WingGrow
Last updated: April 15, 2026

GDPR Compliance

WingGrow Technologies is committed to protecting personal data in line with the EU General Data Protection Regulation (Regulation (EU) 2016/679) and the UK GDPR. This page summarizes how we support compliance for insurance agencies operating in the European Economic Area and the United Kingdom.

1. Roles: Controller vs. Processor

When your agency uses WingGrow to handle customer leads, claims, or communications, you act as the data controller and WingGrow acts as the data processor. For our own business operations (billing, account management, marketing), WingGrow is the controller.

2. Lawful Bases for Processing

We rely on the following lawful bases: performance of a contract (to deliver the Services), legitimate interests (security, analytics, product improvement), consent (for marketing communications and optional cookies), and legal obligations (tax, accounting, regulatory).

3. Data Subject Rights

Under GDPR, data subjects have the right to:

  • access their personal data,
  • rectify inaccurate data,
  • erase data (“right to be forgotten”),
  • restrict or object to processing,
  • data portability,
  • withdraw consent at any time,
  • lodge a complaint with a supervisory authority.

If you are an end customer of a WingGrow-powered agency, please contact that agency directly. WingGrow will support the agency in fulfilling your request.

4. Data Processing Agreement (DPA)

We offer a GDPR-compliant Data Processing Agreement that incorporates the EU Standard Contractual Clauses. Request a copy at dpa@wingrow.io. The DPA is automatically applicable to all paid plans.

5. Sub-processors

We maintain a current list of sub-processors, including the services they provide and the regions they operate from. We notify customers before adding new sub-processors and allow reasonable objection windows.

6. International Data Transfers

When personal data is transferred outside the EEA/UK, we rely on adequacy decisions where available and on the EU Standard Contractual Clauses (2021/914) combined with supplementary measures such as encryption in transit and at rest.

7. Security Measures

Our technical and organizational measures include TLS 1.2+ in transit, AES-256 at rest, role-based access control, SSO and MFA, continuous monitoring, audit logs, vulnerability scanning, regular penetration testing, and an incident response process.
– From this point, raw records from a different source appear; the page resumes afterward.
//! How long the files of a set are, so that a commit can write it down without asking the disk.
//!
//! A question would show the disk a file anew, and a try that follows it wouldn't see any more what
//! another program changed before.
ghost use Rattle.std.specs.Prelude.{◌≡◌};
ghost use Rattle.org_fileset.specs.Lengths.{length_of, with_length, with_lengths};

use org_disk::FileName;
use org_journal::Entry;

/// The length that is known of the file of this name, and 0 if the name is none of these.
pub fn length_of(names: &[FileName], lengths: &[u64], name: &FileName) -> u64
    ensures { result ≡ length_of names.now lengths.now name.now }
{
    for index in 0..names.len() {
        if index < lengths.len() && names[index] == *name {
            return lengths[index];
        }
    }
    0
}

/// Notes how long the file of this name is.
pub fn note_length(names: &[FileName], lengths: &mut [u64], name: &FileName, length: u64)
    ensures { lengths.new ≡ with_length names.now lengths.old name.now length }
{
    for index in 0..names.len() {
        if index < lengths.len() && names[index] == *name {
            lengths[index] = length;
        }
    }
}

/// Notes how long the files of a record are once it is applied to them.
pub fn note_lengths(names: &[FileName], lengths: &mut [u64], entries: &[Entry])
    ensures { lengths.new ≡ with_lengths names.now lengths.old entries.now }
{
    for entry in entries {
        note_length(names, lengths, &entry.name, entry.length);
    }
}
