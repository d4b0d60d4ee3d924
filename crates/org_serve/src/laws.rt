//! Laws of the definitions of lines, replies and runs, for all values.
//!
//! Each is the contract of a function with nothing to do.
ghost use Rattle.std.specs.Prelude.{ℕ, List, [], ◌≡◌, ◌∷◌, ◌++◌, ◌<◌, ◌≤◌, ◌^◌, slice_get};
ghost use Rattle.std.specs.List.{AllByRecursion};
ghost use Rattle.std.specs.Prelude.{All, Some, Result, IsFalse, IsSomeAnd};
ghost use Rattle.org_disk.specs.CountsFailures.{LeavesOver};
ghost use Rattle.org_disk.specs.Disk.{FileState, IsImage};
ghost use Rattle.org_disk.specs.Names.{IsOrgFile, journal_name};
ghost use Rattle.org_disk.specs.OwnImages.{IsOwnImage};
ghost use Rattle.org_journal.specs.Gate.{is_open};
ghost use Rattle.org_journal.specs.Recovered.{Image, IsRecoverable};
ghost use Rattle.org_fileset.specs.Left.{EachIsLeft};
ghost use Rattle.org_fileset.specs.Replay.{RestsOn, files_on};
ghost use Rattle.org_fileset.specs.Names.{AreFew};
ghost use Rattle.org_fileset.specs.Writes.{LeavesAlone};
ghost use Rattle.org_outline.specs.declared.steps.Step.{Step as PathStep};
ghost use Rattle.org_outline.specs.States.{Keywords};
ghost use Rattle.org_outline.specs.Tree.{Document, node_count};
ghost use Rattle.org_outline.specs.Paths.{path_of as heading_path};
ghost use Rattle.org_commands.specs.declared.command.Command.{Command};
ghost use Rattle.org_commands.specs.declared.command.Reply.{Reply};
ghost use Rattle.org_commands.specs.declared.command.RunFault.{RunFault};
ghost use Rattle.org_commands.specs.declared.tally.Group.TheVariants.{Whole};
ghost use Rattle.org_store.specs.History.{Trace, Lists, HoldsPrefix};
ghost use Rattle.org_commands.specs.InOrder.{AreNames, texts_of};
ghost use Rattle.org_store.specs.Left.{IsApart};
ghost use Rattle.org_store.specs.OnePlace.{HaveSameNodes, HasNodesOf, HasNodesOfPrefix, IsSessionOf};
ghost use Rattle.org_store.specs.Opening.{opened};
ghost use Rattle.org_store.specs.Reopening.{AreSameNames, IsOpenable, AreSmall};
ghost use Rattle.org_store.specs.Runs.{IsOnDisk};
ghost use Rattle.org_commands.specs.Session.{Session, StoreView};
ghost use Rattle.org_commands.specs.Step.{Step};
ghost use Rattle.org_serve.specs.History.{HoldsSettled, HoldsSince, OnlyRefiles};
ghost use Rattle.org_serve.specs.declared.end.ServeEnd.{ServeEnd};
ghost use Rattle.org_serve.specs.Serving.{RunsAndWrites, RunsLines, stores_while_honest, traces_while_honest};
ghost use Rattle.org_serve.specs.Pipes.{Exchange};
ghost use Rattle.org_serve.specs.Promises.{IsAfterPrefix, files_after};
ghost use Rattle.org_serve.specs.Whole.{IsIntermediate, ServesOver};
ghost use Rattle.org_serve.specs.declared.whole.Setup.{Setup};
ghost use Rattle.org_serve.specs.Spelling.{line_of, IsSpellable};
ghost use Rattle.org_serve.specs.Syncing.{IsRecoverableOnceSynced, OutsideStable};
ghost use Rattle.org_serve.specs.Grammar.{command_of, IsWritten, escaped, unescaped, path_of, path_field};
ghost use Rattle.org_serve.specs.Lines.{cut, joined, HasNoNewline};
ghost use Rattle.org_serve.specs.Replies.{answer_text, safe_line, reported_safe};

use org_disk::Disk;

/// The lines of any bytes, each with its newline, and what stands after the last newline are those
/// bytes; and no line holds a newline, nor does the rest.
pub fn lines_and_rest_are_the_bytes()
    ensures whole { (bytes : List ℕ) → joined (cut bytes).lines (cut bytes).rest ≡ bytes }
    ensures lines { (bytes : List ℕ) → All HasNoNewline (cut bytes).lines }
    ensures rest { (bytes : List ℕ) → HasNoNewline (cut bytes).rest }
{}

/// Each text has a field that stands for it.
pub fn escaped_text_reads_back()
    ensures { (text : List ℕ) → unescaped (escaped text) ≡ Some text }
{}

/// Each path of one step or more has a field that stands for it, where each of its numbers has at
/// most nine digits and is from 1 on. So has each heading of a text of fewer than 10^9 headings
/// (`every_heading_has_a_path`, a law of org_outline).
pub fn written_path_reads_back()
    ensures steps { (step : PathStep) (path : List PathStep)
        → AllByRecursion (λ s. IsWritten s.number) (step ∷ path)
        → path_of (path_field (step ∷ path)) ≡ Some (step ∷ path) }
    ensures headings { (states : Keywords) (d : Document) (i : ℕ) → i < node_count d
        → node_count d < 10 ^ 9
        → path_of (path_field (heading_path states d i)) ≡ Some (heading_path states d i) }
{}

/// Each command whose parts can be spelled has a line, which is read as the command, and no two
/// have the same one. No line is read as any other command.
pub fn spelled_command_reads_back()
    ensures read { (command : Command) → IsSpellable command
        → command_of (line_of command) ≡ Some command }
    ensures one { (a b : Command) → IsSpellable a → IsSpellable b → line_of a ≡ line_of b → a ≡ b }
    ensures only { (line : List ℕ) (command : Command) → command_of line ≡ Some command
        → IsSpellable command }
{}
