//! A record made to count: written to the journal, applied to its files, and done with.
//!
//! The order is that of FORMATS: tries, record, sync, gate, sync, tries, files, syncs, files read
//! back, gate, sync, tries.
//! What a commit has to do it does for any entries that fit their files; that they are changes of a
//! set is `set`'s matter.
ghost use Rattle.std.specs.Prelude.{◌≡◌, ◌≢◌, IsErr};
ghost use Rattle.std.specs.List.{AllByRecursion};
ghost use Rattle.org_disk.specs.CountsFailures.{CountsFailures, Looks};
ghost use Rattle.org_disk.specs.Names.{journal_name};
ghost use Rattle.org_journal.specs.Gate.{HasClosedGate};
ghost use Rattle.org_journal.specs.Record.{BeginsWith};
ghost use Rattle.org_journal.specs.Recovered.{contents, replayed};
ghost use Rattle.org_fileset.specs.Entries.{HoldTexts};
ghost use Rattle.org_fileset.specs.Replay.{AreApplicableTo, CommitsEntriesOver, IsOpenOver, ReplaysOver};
ghost use Rattle.org_fileset.specs.Writes.{TriesAgainOver, TriesOver};

use crate::apply::{During, apply_and_sync, look_at_first};
use crate::trying::{try_all, try_files};
use org_disk::{Disk, DiskFault, FileName};
use org_journal::{Entry, arm, close_gate, open_gate};
use org_splice::Changes;

/// Does what an open journal's record says: applies it to its files, syncs them, and closes the
/// gate. Where the record makes the same texts of whatever a crash leaves at the start, every image
/// recovers to them at every moment since.
///
/// # Errors
///
/// `DiskFault`: a call of the disk failed.
pub fn replay<D: Disk>(disk: &mut D, journal: &FileName, entries: &[Entry]) -> Result<(), DiskFault>
    requires journal { journal.now ≡ journal_name }
    requires applicable { D.honest disk.old → AreApplicableTo entries.now (D.files disk.old) }
    requires opened { D.honest disk.old → IsOpenOver entries.now (D.files disk.old) }
    ensures replays { D.honest disk.new → ReplaysOver D.Disk entries.now disk.old disk.new result }
    ensures accounts { CountsFailures D.Disk disk.old disk.new (IsErr result) }
{
    apply_and_sync(disk, entries, During::Opening)?;
    close_gate(disk, journal)
}

/// Commits entries that fit their files. The body is their record, from the journal's second byte
/// on. Where all files are on the disk at the start, every image at every moment since recovers to
/// all files before, or to all files after. No other file is written; and after the closed gate
/// the record stays.
///
/// Before anything is written, the journal and the files are tried: where one can't be written, the
/// gate stays closed. After the opened gate the files are tried again, just before the first of
/// them is written: where another program changed one meanwhile, the gate is closed, and none is
/// written. Before the gate is closed at last, the files are read back, and once it is closed they
/// are tried: where another program wrote one of the changed files in the same moment, or replaced
/// it since, the gate is closed all the same, and the commit fails.
///
/// # Errors
///
/// `DiskFault`: a call of the disk failed.
pub fn commit_entries<D: Disk, C: Changes<FileName>>(
    disk: &mut D,
    journal: &FileName,
    entries: &[Entry],
    body: &[u8],
    changes: &C,
) -> Result<(), DiskFault>
    requires journal { journal.now ≡ journal_name }
    requires applicable { D.honest disk.old → AreApplicableTo entries.now (D.files disk.old) }
    requires body { BeginsWith body.now entries.now }
    requires gate { D.honest disk.old → HasClosedGate (D.files disk.old journal_name) }
    requires named { AllByRecursion (λ change. change.0 ≢ journal_name) (C.pairs changes.now) }
    requires texts { D.honest disk.old → HoldTexts (C.pairs changes.now)
        (replayed entries.now (contents (D.files disk.old))) }
    ensures commits { D.honest disk.new
        → CommitsEntriesOver D.Disk entries.now disk.old disk.new result }
    ensures accounts { CountsFailures D.Disk disk.old disk.new (IsErr result) }
{
    commit_and_confirm(disk, journal, entries, body, changes)?;
    try_files(disk, entries)
}

// All of it but the last tries.
fn commit_and_confirm<D: Disk, C: Changes<FileName>>(
    disk: &mut D,
    journal: &FileName,
    entries: &[Entry],
    body: &[u8],
    changes: &C,
) -> Result<(), DiskFault>
    requires journal { journal.now ≡ journal_name }
    requires applicable { D.honest disk.old → AreApplicableTo entries.now (D.files disk.old) }
    requires body { BeginsWith body.now entries.now }
    requires gate { D.honest disk.old → HasClosedGate (D.files disk.old journal_name) }
    requires named { AllByRecursion (λ change. change.0 ≢ journal_name) (C.pairs changes.now) }
    requires texts { D.honest disk.old → HoldTexts (C.pairs changes.now)
        (replayed entries.now (contents (D.files disk.old))) }
    ensures commits { D.honest disk.new
        → CommitsEntriesOver D.Disk entries.now disk.old disk.new result }
    ensures accounts { CountsFailures D.Disk disk.old disk.new (IsErr result) }
{
    try_all(disk, journal, entries)?;
    arm(disk, journal, body)?;
    open_gate(disk, journal)?;
    try_again(disk, journal, entries)?;
    replay_and_confirm(disk, journal, entries, changes)
}

// Tries the files once more after the opened gate. Where another program changed one meanwhile,
// the gate is closed again, and each file stays as it is.
fn try_again<D: Disk>(disk: &mut D, journal: &FileName, entries: &[Entry]) -> Result<(), DiskFault>
    requires journal { journal.now ≡ journal_name }
    requires applicable { D.honest disk.old → AreApplicableTo entries.now (D.files disk.old) }
    requires opened { D.honest disk.old → IsOpenOver entries.now (D.files disk.old) }
    ensures again { D.honest disk.new → TriesAgainOver D.Disk entries.now disk.old disk.new result }
    ensures accounts { CountsFailures D.Disk disk.old disk.new (IsErr result) }
{
    match look_last(disk, entries) {
        Ok(()) => Ok(()),
        Err(fault) => {
            close_gate(disk, journal)?;
            Err(fault)
        }
    }
}

// Tries the files, and looks once more at the one that is written first, if others were tried since.
fn look_last<D: Disk>(disk: &mut D, entries: &[Entry]) -> Result<(), DiskFault>
    ensures tries { D.honest disk.new → TriesOver D.Disk entries.now disk.old disk.new result }
    ensures accounts { CountsFailures D.Disk disk.old disk.new (IsErr result) }
{
    try_files(disk, entries)?;
    look_at_first(disk, entries)
}

// Does what the record says, and reads the changed files back before it closes the gate.
fn replay_and_confirm<D: Disk, C: Changes<FileName>>(
    disk: &mut D,
    journal: &FileName,
    entries: &[Entry],
    changes: &C,
) -> Result<(), DiskFault>
    requires journal { journal.now ≡ journal_name }
    requires applicable { D.honest disk.old → AreApplicableTo entries.now (D.files disk.old) }
    requires opened { D.honest disk.old → IsOpenOver entries.now (D.files disk.old) }
    requires texts { D.honest disk.old → HoldTexts (C.pairs changes.now)
        (replayed entries.now (contents (D.files disk.old))) }
    ensures replays { D.honest disk.new → ReplaysOver D.Disk entries.now disk.old disk.new result }
    ensures accounts { CountsFailures D.Disk disk.old disk.new (IsErr result) }
{
    apply_and_sync(disk, entries, During::Commit)?;
    let confirmed = confirm_all(disk, changes);
    close_gate(disk, journal)?;
    confirmed
}

// Asks whether each changed file holds its text, as it should.
fn confirm_all<D: Disk, C: Changes<FileName>>(disk: &mut D, changes: &C) -> Result<(), DiskFault>
    requires { D.honest disk.old → HoldTexts (C.pairs changes.now) (contents (D.files disk.old)) }
    ensures looks { Looks D.Disk disk.old disk.new }
    ensures accounts { CountsFailures D.Disk disk.old disk.new (IsErr result) }
{
    for index in 0..changes.len() {
        let (name, text) = changes.pair(index);
        disk.confirm(name, text.bytes())?;
    }
    Ok(())
}
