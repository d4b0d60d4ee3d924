//! The journal and the files of a record, tried: before anything is written, and once it is done.
//!
//! A try is a write of no bytes: it changes nothing, and it fails where the disk can see that a
//! write would fail, or would go astray.
ghost use Rattle.std.specs.Prelude.{◌≡◌, IsErr};
ghost use Rattle.org_disk.specs.CountsFailures.{CountsFailures};
ghost use Rattle.org_disk.specs.Names.{journal_name};
ghost use Rattle.org_fileset.specs.Writes.{TriesOver};

use org_disk::{Disk, DiskFault, FileName};
use org_journal::Entry;

/// Tries the journal and the files of a record. After Ok all is as it was. After a failure each
/// file that was on the disk is on it still, as it was.
///
/// # Errors
///
/// `DiskFault`: a call of the disk failed.
pub fn try_all<D: Disk>(
    disk: &mut D,
    journal: &FileName,
    entries: &[Entry],
) -> Result<(), DiskFault>
    requires { journal.now ≡ journal_name }
    ensures tries { D.honest disk.new → TriesOver D.Disk entries.now disk.old disk.new result }
    ensures accounts { CountsFailures D.Disk disk.old disk.new (IsErr result) }
{
    disk.write_at(journal, 0, &[])?;
    try_files(disk, entries)
}

/// Tries the files of a record, likewise. Those of which the record holds the whole text are tried
/// last. A file that isn't there is one of them, and a folder makes it by its try: so none is made
/// before the others were tried.
///
/// # Errors
///
/// `DiskFault`: a call of the disk failed.
pub fn try_files<D: Disk>(disk: &mut D, entries: &[Entry]) -> Result<(), DiskFault>
    ensures tries { D.honest disk.new → TriesOver D.Disk entries.now disk.old disk.new result }
    ensures accounts { CountsFailures D.Disk disk.old disk.new (IsErr result) }
{
    try_those(disk, entries, false)?;
    try_those(disk, entries, true)
}

// Tries the files of which the record holds the whole text, or the others.
fn try_those<D: Disk>(disk: &mut D, entries: &[Entry], are_whole: bool) -> Result<(), DiskFault>
    ensures tries { D.honest disk.new → TriesOver D.Disk entries.now disk.old disk.new result }
    ensures accounts { CountsFailures D.Disk disk.old disk.new (IsErr result) }
{
    for entry in entries {
        if is_whole(entry) == are_whole {
            disk.write_at(&entry.name, 0, &[])?;
        }
    }
    Ok(())
}

// Whether an entry holds the whole text of its file, so that nothing of the file stays.
fn is_whole(entry: &Entry) -> bool {
    match entry.patches.as_slice() {
        [patch] => patch.from == 0 && patch.bytes.len() as u64 == entry.length,
        _ => false,
    }
}
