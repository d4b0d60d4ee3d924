//! The files of a record, written one after the other.
//!
//! Each step may be stopped and done again: a record makes the same text of whatever a crash left
//! of its file. Nothing here looks at the journal.
ghost use Rattle.std.specs.Prelude.{◌≡◌, ◌≢◌, ◌+◌, ◌^◌, ◌<◌, ◌≤◌, List, ℕ, length, IfOk, IsFalse, OnOk, IsErr};
ghost use Rattle.org_disk.specs.Disk.{AreLeftBy, Changes, IsStable, write};
ghost use Rattle.org_disk.specs.CountsFailures.{CountsFailures, Looks, PassesOver};
ghost use Rattle.org_journal.specs.Record.{is_named};
ghost use Rattle.org_journal.specs.Recovered.{contents, made_by, replayed};
ghost use Rattle.org_fileset.specs.Replay.{AreApplicable, AreApplicableTo, CanPatch, AppliesOver, TakesOver, length_before};
ghost use Rattle.org_fileset.specs.Writes.{LeavesAlone};

use org_disk::{Disk, DiskFault, FileName};
use org_journal::Entry;
use org_splice::Patch;

/// What applies a record to its files.
#[derive(Clone, Copy)]
pub enum During {
    /// A commit. It has just looked at the file that is written first, and reads all of them back.
    Commit,
    /// An opening. It does neither.
    Opening,
}

// Which looks at a file are due: just before its patches are written, and just after.
#[derive(Clone, Copy)]
struct Due {
    before: bool,
    after: bool,
}

impl During {
    // The looks that are due at the file of this place among so many. Where a commit writes several
    // files, what it moves from one to another may be in none if another program replaces one now:
    // so it looks at each once more, while the gate is open.
    fn due(self, index: usize, count: usize) -> Due {
        match self {
            During::Opening => Due {
                before: true,
                after: true,
            },
            During::Commit => Due {
                before: index > 0,
                after: count > 1,
            },
        }
    }
}

/// Writes a patch over its file. One without bytes needs no call: as a write it would try the file,
/// and the gate is open here.
fn write_patch<D: Disk>(disk: &mut D, name: &FileName, patch: &Patch) -> Result<(), DiskFault>
    requires within { D.honest disk.old
        → patch.now.from ≤ length (D.files disk.old name.now).content }
    requires fits { D.honest disk.old → patch.now.from + length patch.now.bytes < 2 ^ 64 }
    ensures effect { D.honest disk.new → Changes (write patch.now.from patch.now.bytes) name.now
        (D.files disk.old) (D.files disk.new) result }
    ensures time { D.honest disk.new → PassesOver D.Disk disk.old disk.new
        (AreLeftBy (write patch.now.from patch.now.bytes) name.now (D.files disk.old)) }
    ensures accounts { CountsFailures D.Disk disk.old disk.new (IsErr result) }
{
    if patch.bytes.is_empty() {
        return Ok(());
    }
    disk.write_at(name, patch.from, patch.bytes.as_slice())
}

// Applies an entry's patches to its file, and cuts it to the entry's length if it was longer than
// that before its entry was made; an entry of version 1 or 2 doesn't say so, and the file is asked.
// What another program put past the end of a file that was no longer isn't cut off. Before, within
// and after it, also where it fails, the entry makes the same text of whatever a crash leaves of
// the file.
//
// The file is looked at where that is due, and before it is cut: a disk may see then that another
// program has changed it.
fn apply_entry<D: Disk>(disk: &mut D, entry: &Entry, due: Due) -> Result<(), DiskFault>
    requires { D.honest disk.old → CanPatch entry.now (D.files disk.old entry.now.name).content }
    ensures applies { D.honest disk.new → AppliesOver D.Disk entry.now disk.old disk.new }
    ensures content { OnOk result (D.honest disk.new → (D.files disk.new entry.now.name).content
        ≡ made_by entry.now (D.files disk.old entry.now.name).content) }
    ensures alone { D.honest disk.new → LeavesAlone D.Disk
        (λ other. other ≢ entry.now.name) disk.old disk.new }
    ensures accounts { CountsFailures D.Disk disk.old disk.new (IsErr result) }
{
    let before = length_before(disk, entry, due.before)?;
    apply_patches(disk, entry, before, due.after)
}

// How long the file of an entry was before: as the entry says, or as it is.
fn length_before<D: Disk>(disk: &mut D, entry: &Entry, is_look_due: bool) -> Result<u64, DiskFault>
    ensures length { IfOk result (λ n. D.honest disk.new
        → n ≡ length_before entry.now.before
        (length (D.files disk.old entry.now.name).content)) }
    ensures looks { Looks D.Disk disk.old disk.new }
    ensures accounts { CountsFailures D.Disk disk.old disk.new (IsErr result) }
{
    match &entry.before {
        Some(before) if is_look_due => {
            disk.length(&entry.name)?;
            Ok(before.length)
        }
        Some(before) => Ok(before.length),
        None => disk.length(&entry.name),
    }
}

// Applies an entry's patches to its file, which had so many bytes before.
fn apply_patches<D: Disk>(
    disk: &mut D,
    entry: &Entry,
    before: u64,
    is_look_due: bool,
) -> Result<(), DiskFault>
    requires can { D.honest disk.old
        → CanPatch entry.now (D.files disk.old entry.now.name).content }
    requires before { D.honest disk.old → before ≡ length_before entry.now.before
        (length (D.files disk.old entry.now.name).content) }
    ensures applies { D.honest disk.new → AppliesOver D.Disk entry.now disk.old disk.new }
    ensures content { OnOk result (D.honest disk.new → (D.files disk.new entry.now.name).content
        ≡ made_by entry.now (D.files disk.old entry.now.name).content) }
    ensures alone { D.honest disk.new → LeavesAlone D.Disk
        (λ other. other ≢ entry.now.name) disk.old disk.new }
    ensures accounts { CountsFailures D.Disk disk.old disk.new (IsErr result) }
{
    for patch in entry.patches.as_slice() {
        write_patch(disk, &entry.name, patch)?;
    }
    let is_shortened = before > entry.length;
    if is_shortened || is_look_due {
        let length = disk.length(&entry.name)?;
        if is_shortened && length >= entry.length {
            disk.cut(&entry.name, entry.length)?;
        }
    }
    Ok(())
}

/// Looks at the file that is written first, if others are written after it.
///
/// # Errors
///
/// `DiskFault`: a call of the disk failed.
pub fn look_at_first<D: Disk>(disk: &mut D, entries: &[Entry]) -> Result<(), DiskFault>
    ensures looks { Looks D.Disk disk.old disk.new }
    ensures accounts { CountsFailures D.Disk disk.old disk.new (IsErr result) }
{
    if let [first, _, ..] = entries {
        disk.length(&first.name)?;
    }
    Ok(())
}

/// Applies the entries of a record to their files, one after the other, and syncs the files. Each
/// file is looked at just before it is written, and just after where a record has several. Before,
/// within and after it, also where it fails, the record makes the same texts of whatever a crash
/// leaves of the files, if it did so at the start.
///
/// # Errors
///
/// `DiskFault`: a call of the disk failed.
pub fn apply_and_sync<D: Disk>(
    disk: &mut D,
    entries: &[Entry],
    during: During,
) -> Result<(), DiskFault>
    requires { D.honest disk.old → AreApplicableTo entries.now (D.files disk.old) }
    ensures replays { D.honest disk.new → TakesOver D.Disk entries.now disk.old disk.new }
    ensures contents { OnOk result (D.honest disk.new → (name : List ℕ)
        → contents (D.files disk.new) name ≡ replayed entries.now (contents (D.files disk.old))
        name) }
    ensures stable { OnOk result (D.honest disk.new → (name : List ℕ)
        → (IsFalse (is_named name entries.now) → IsStable (D.files disk.old name))
        → IsStable (D.files disk.new name)) }
    ensures alone { D.honest disk.new → LeavesAlone D.Disk
        (λ name. IsFalse (is_named name entries.now)) disk.old disk.new }
    ensures accounts { CountsFailures D.Disk disk.old disk.new (IsErr result) }
{
    apply_all(disk, entries, during)?;
    sync_all(disk, entries)
}

// Applies the entries alone.
fn apply_all<D: Disk>(disk: &mut D, entries: &[Entry], during: During) -> Result<(), DiskFault>
    requires { D.honest disk.old → AreApplicableTo entries.now (D.files disk.old) }
    ensures replays { D.honest disk.new → TakesOver D.Disk entries.now disk.old disk.new }
    ensures contents { OnOk result (D.honest disk.new → (name : List ℕ)
        → contents (D.files disk.new) name ≡ replayed entries.now (contents (D.files disk.old))
        name) }
    ensures alone { D.honest disk.new → LeavesAlone D.Disk
        (λ name. IsFalse (is_named name entries.now)) disk.old disk.new }
    ensures accounts { CountsFailures D.Disk disk.old disk.new (IsErr result) }
{
    for (index, entry) in entries.iter().enumerate() {
        apply_entry(disk, entry, during.due(index, entries.len()))?;
    }
    Ok(())
}

// Syncs the files of a record.
fn sync_all<D: Disk>(disk: &mut D, entries: &[Entry]) -> Result<(), DiskFault>
    requires { D.honest disk.old → AreApplicable entries.now }
    ensures replays { D.honest disk.new → TakesOver D.Disk entries.now disk.old disk.new }
    ensures contents { OnOk result (D.honest disk.new → (name : List ℕ)
        → contents (D.files disk.new) name ≡ contents (D.files disk.old) name) }
    ensures stable { OnOk result (D.honest disk.new → (name : List ℕ)
        → (IsFalse (is_named name entries.now) → IsStable (D.files disk.old name))
        → IsStable (D.files disk.new name)) }
    ensures alone { D.honest disk.new → LeavesAlone D.Disk
        (λ name. IsFalse (is_named name entries.now)) disk.old disk.new }
    ensures accounts { CountsFailures D.Disk disk.old disk.new (IsErr result) }
{
    for entry in entries {
        disk.sync(&entry.name)?;
    }
    Ok(())
}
8. Data Breach Notification

In the event of a personal data breach affecting customer data, WingGrow will notify affected controllers without undue delay and in any case within 72 hours of becoming aware, in accordance with Article 33 GDPR.

9. Data Retention and Deletion

Customer content is retained per your workspace configuration and deleted within 90 days of account closure. Backups are cycled out within an additional 35 days.

10. Data Protection Officer & EU Representative

Data Protection Officer: dpo@wingrow.io. EU Representative under Article 27 GDPR: eu-rep@wingrow.io.

11. Supervisory Authorities

You may lodge a complaint with your local data protection authority. A full list is maintained by the European Data Protection Board.